Pittsburgh Logo
File #: 2005-1143    Version: 1
Type: Resolution Status: Passed Finally
File created: 3/8/2005 In control: Committee on Public Works & Environmental Services
On agenda: Final action: 3/22/2005
Enactment date: 3/22/2005 Enactment #: 191
Effective date: 4/1/2005    
Title: Resolution authorizing the Mayor, the Department of Public Works, Bureau of Environmental Services to reinstate a city rodent control program in coordination with the Allegheny County Health Department.
Sponsors: Douglas Shields, Gene Ricciardi, All Members
Indexes: MISCELLANEOUS
Attachments: 1. 2005-1143.doc
Presenter
Presented by Mr. Ravenstahl

Title
Resolution authorizing the Mayor, the Department of Public Works, Bureau of Environmental Services to reinstate a city rodent control program in coordination with the Allegheny County Health Department.
Body
WHEREAS, it is estimated that the United States has some 100,000,000 rats. Rats cause enormous economic loss, consuming or contaminating vast quantities of food and destroy property when they cause fires by gnawing the insulation from electric wires. Each rat damages between $1 and $10 worth of food and other materials per year, and contaminates 5 to 10 times more. Thus, rats may cost the United States between $500 Million and $1 Billion annually in terms of direct economic losses; and,

WHEREAS, Rats and mice are responsible for spread of diseases, either directly, as by contamination of human food or indirectly, by way of rodent fleas and mites. Diseases spread by rats include rat-bite fever, leptospi rosis salmonellosis, trichinosis, murine typhus fever plague, rickettsialpox, lymphocytic choriomeningitis; and,

WHEREAS, in any urban center, controlling rat populations is a matter of public health and is widely recognized as a municipal service function. To rely upon citizen action in controlling the rat populations is ineffective at best and potentially dangerous at worst due to inappropriate applications of poisons that pose a threat to protected wildlife and domesticated pets. Controlling rat populations, not individual rats, is the key to a successful rodent-control program in a community; and,

WHEREAS, the Allegheny County Department of Health (ACHD) requires municipal employees to be a certified municipal pest control operator (PCO) in order to place bait or use pesticide. The ACHD offers the required training program and provides annual continuing training needed to keep the certification up to date. Furthermore, the ACHD provides technical assistance in identification of food and shelter sources when municipalities encounter persistent rodent populations. The ACHD works with municipalities to develop a comprehensive plan of attack, including code enforcement, baiting and education and, provides bait to certified municipal PCOs at no charge; and,

WHEREAS, The City of Pittsburgh has, due to severe financial constraints, eliminated its Rodent Control program in order to adhere to the Act 47 Coordinator's Recovery Plan.

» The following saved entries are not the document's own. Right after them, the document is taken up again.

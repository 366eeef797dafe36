//! How an operation on diagrams goes down from the roots of two of them.

ghost use Rattle.std.specs.Prelude.{◌≡◌, ℕ, ◌+◌, ◌≤◌, List, true};
ghost use Rattle.spd_nodes.specs.Trees.{Tree};
ghost use Rattle.spd_nodes.specs.Shown.{Shown, IsSound, MakesTree};
ghost use Rattle.spd_apply.specs.Rules.{IsNodeAt, IsPlan};

use spd_nodes::{Forest, Leaf, Level, Ref, Steps, StoreFault, View};
use std::sync::ledger::Ledger;

/// An operation fails as its forest does: it answers Full only where a call of the forest answered Full in this call.
pub type OpFault = StoreFault;

/// A diagram with its root, which was viewed.
#[derive(Clone, Copy)]
pub struct Node {
    pub name: Ref,
    pub root: View,
}

/// What an operation makes below a test.
#[derive(Clone, Copy)]
pub enum Below {
    /// This Ref, which is known.
    Known(Ref),
    /// What it makes of these two.
    Pair(Ref, Ref),
}

/// What an operation makes of two diagrams.
#[derive(Clone, Copy)]
pub enum Plan {
    /// This leaf.
    Leaf(Leaf),
    /// What it makes below.
    Below(Below),
    /// A test of what it makes below.
    Test { level: Level, yes: Below, no: Below },
    /// Several nodes at once: it goes no further, and makes them by calls of the forest alone.
    Bottom,
}

/// An operation that makes a diagram of two, by going down from their roots (Bryant, 1986). One that takes a single diagram
/// takes it twice.
pub trait Rule {
    /// What it makes of two trees.
    ghost making: { Self → Tree → Tree → Tree };

    /// Which trees it may meet, where the variables have these numbers of values.
    ghost may: { Self → List ℕ → Tree → Tree → Type 0 };

    /// How it goes on from two diagrams. It never answers `Bottom`.
    fn plan<F: Forest>(&self, forest: &F, f: Node, g: Node) -> Plan
        requires sound { IsSound (F.shows forest.now) }
        requires left { IsNodeAt (F.shows forest.now) f }
        requires right { IsNodeAt (F.shows forest.now) g }
        requires may { may self.now (F.shows forest.now).sizes ((F.shows forest.now).tree f.name) ((F.shows forest.now).tree g.name) }
        ensures plan { IsPlan (making self.now) (may self.now (F.shows forest.now).sizes) (λ _ _. ⊥) (F.shows forest.now) f.name g.name result };
}

/// A rule that ends at some diagrams in several nodes at once.
pub trait Descent {
    /// What it makes of two trees.
    ghost making: { Self → Tree → Tree → Tree };

    /// Which trees it may meet, where the variables have these numbers of values.
    ghost may: { Self → List ℕ → Tree → Tree → Type 0 };

    /// Of which trees it goes no further.
    ghost ends: { Self → List ℕ → Tree → Tree → Type 0 };

    /// How many find-or-make calls more than one it takes at most where it goes no further.
    ghost more_steps: { Self → ℕ };

    /// How it goes on from two diagrams.
    fn plan<F: Forest>(&self, forest: &F, f: Node, g: Node) -> Plan
        requires sound { IsSound (F.shows forest.now) }
        requires left { IsNodeAt (F.shows forest.now) f }
        requires right { IsNodeAt (F.shows forest.now) g }
        requires may { may self.now (F.shows forest.now).sizes ((F.shows forest.now).tree f.name) ((F.shows forest.now).tree g.name) }
        ensures plan { IsPlan (making self.now) (may self.now (F.shows forest.now).sizes) (ends self.now (F.shows forest.now).sizes) (F.shows forest.now) f.name g.name result };

    /// What it makes of two diagrams from which it goes no further.
    fn bottom<F: Forest, L: Ledger>(
        &self,
        forest: &mut F,
        f: Node,
        g: Node,
        steps: &mut Steps<L>,
    ) -> Result<Ref, OpFault>
        requires sound { IsSound (F.shows forest.old) }
        requires left { IsNodeAt (F.shows forest.old) f }
        requires right { IsNodeAt (F.shows forest.old) g }
        requires may { may self.now (F.shows forest.old).sizes ((F.shows forest.old).tree f.name) ((F.shows forest.old).tree g.name) }
        requires ends { ends self.now (F.shows forest.old).sizes ((F.shows forest.old).tree f.name) ((F.shows forest.old).tree g.name) }
        ensures made { MakesTree (F.shows forest.old) (F.shows forest.new) (making self.now ((F.shows forest.old).tree f.name) ((F.shows forest.old).tree g.name)) result }
        ensures keeps { F.kept forest.new ≡ F.kept forest.old }
        ensures cost { steps.new ≤ steps.old + (1 + more_steps self.now) };
}

/// A rule needs no bottom of its own. One that is asked for where what it makes is the first diagram answers that.
impl<R: Rule> Descent for R {
    ghost making = { λ r. R.making r };

    ghost may = { λ r sizes t u. R.may r sizes t u };

    ghost ends = { λ r _ t u. R.making r t u ≡ t };

    ghost more_steps = { λ _. 0 };

    fn plan<F: Forest>(&self, forest: &F, f: Node, g: Node) -> Plan {
        Rule::plan(self, forest, f, g)
    }

    fn bottom<F: Forest, L: Ledger>(
        &self,
        _forest: &mut F,
        f: Node,
        _g: Node,
        _steps: &mut Steps<L>,
    ) -> Result<Ref, OpFault> {
        Ok(f.name)
    }
}
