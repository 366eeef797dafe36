//! The leaves of a diagram.

ghost use Rattle.std.specs.Prelude.{◌≡◌, IfOk, true};
ghost use Rattle.spd_nodes.specs.Shown.{Shown, IsSound, IsWhole, meaning};
ghost use Rattle.spd_apply.specs.Leaves.{AreLeavesOf};

use spd_nodes::{Forest, Leaf, Ref, View, reached};
use std::alloc::{AllocError, Global};

/// The distinct leaves of a diagram, in order: Num before Pair before Act, and within a kind by their numbers. They are the
/// values that its function takes. It fails only for want of memory.
pub fn leaves_of<F: Forest>(alloc: Global, forest: &mut F, f: Ref) -> Result<Vec<Leaf>, AllocError>
    requires known { (F.shows forest.old).knows f ≡ true }
    requires whole { IsWhole (F.shows forest.old) f }
    ensures sound { IsSound (F.shows forest.new) }
    ensures same { F.shows forest.new ≡ F.shows forest.old }
    ensures keeps { F.kept forest.new ≡ F.kept forest.old }
    ensures ok { IfOk result (λ leaves. AreLeavesOf (F.shows forest.old).sizes (meaning (F.shows forest.old) f) leaves.items) }
{
    let _ = forest.layout();
    let refs = reached(alloc, forest, f)?;
    let mut leaves = Vec::with_capacity(alloc, refs.len())?;
    for r in refs.as_slice() {
        if let View::Leaf(leaf) = forest.view(*r) {
            leaves.push(leaf)?;
        }
    }
    // Distinct Refs have distinct trees, so no leaf came twice.
    leaves.sort_unstable();
    Ok(leaves)
}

Be it resolved by the Council of the City of Pittsburgh as follows:

Section 1 Intent

It is the intent of the Council of the City of Pittsburgh to reinstate a city rodent control program in order to protect the public's health and welfare and do so within the restrictions of the fiscal restraints placed upon the city by its financial recovery plan.

Section 2 Authorization

The Mayor of the City of Pittsburgh is hereby authorized by the Council to take the following measures in order to reinstate a municipal rodent control program:

Take the appropriate administrative actions to allow for animal control officers to perform rodent control duties.
Act to have animal control officers appropriately trained and certified by the ACHD as certified municipal pest control operators (PCO) in order to place bait and/or use pesticides.
Develop the appropriate protocols, in cooperation with the ACHD, within the Department of Public Works, Bureau of Environmental Services to effectively manage and affect a rodent control program within the Bureau's Animal Control section.

Pursuant to the ACHD's rodent control policies, the city shall take full advantage of the technical support and supplies of pesticides offered to all municipalities in Allegheny County.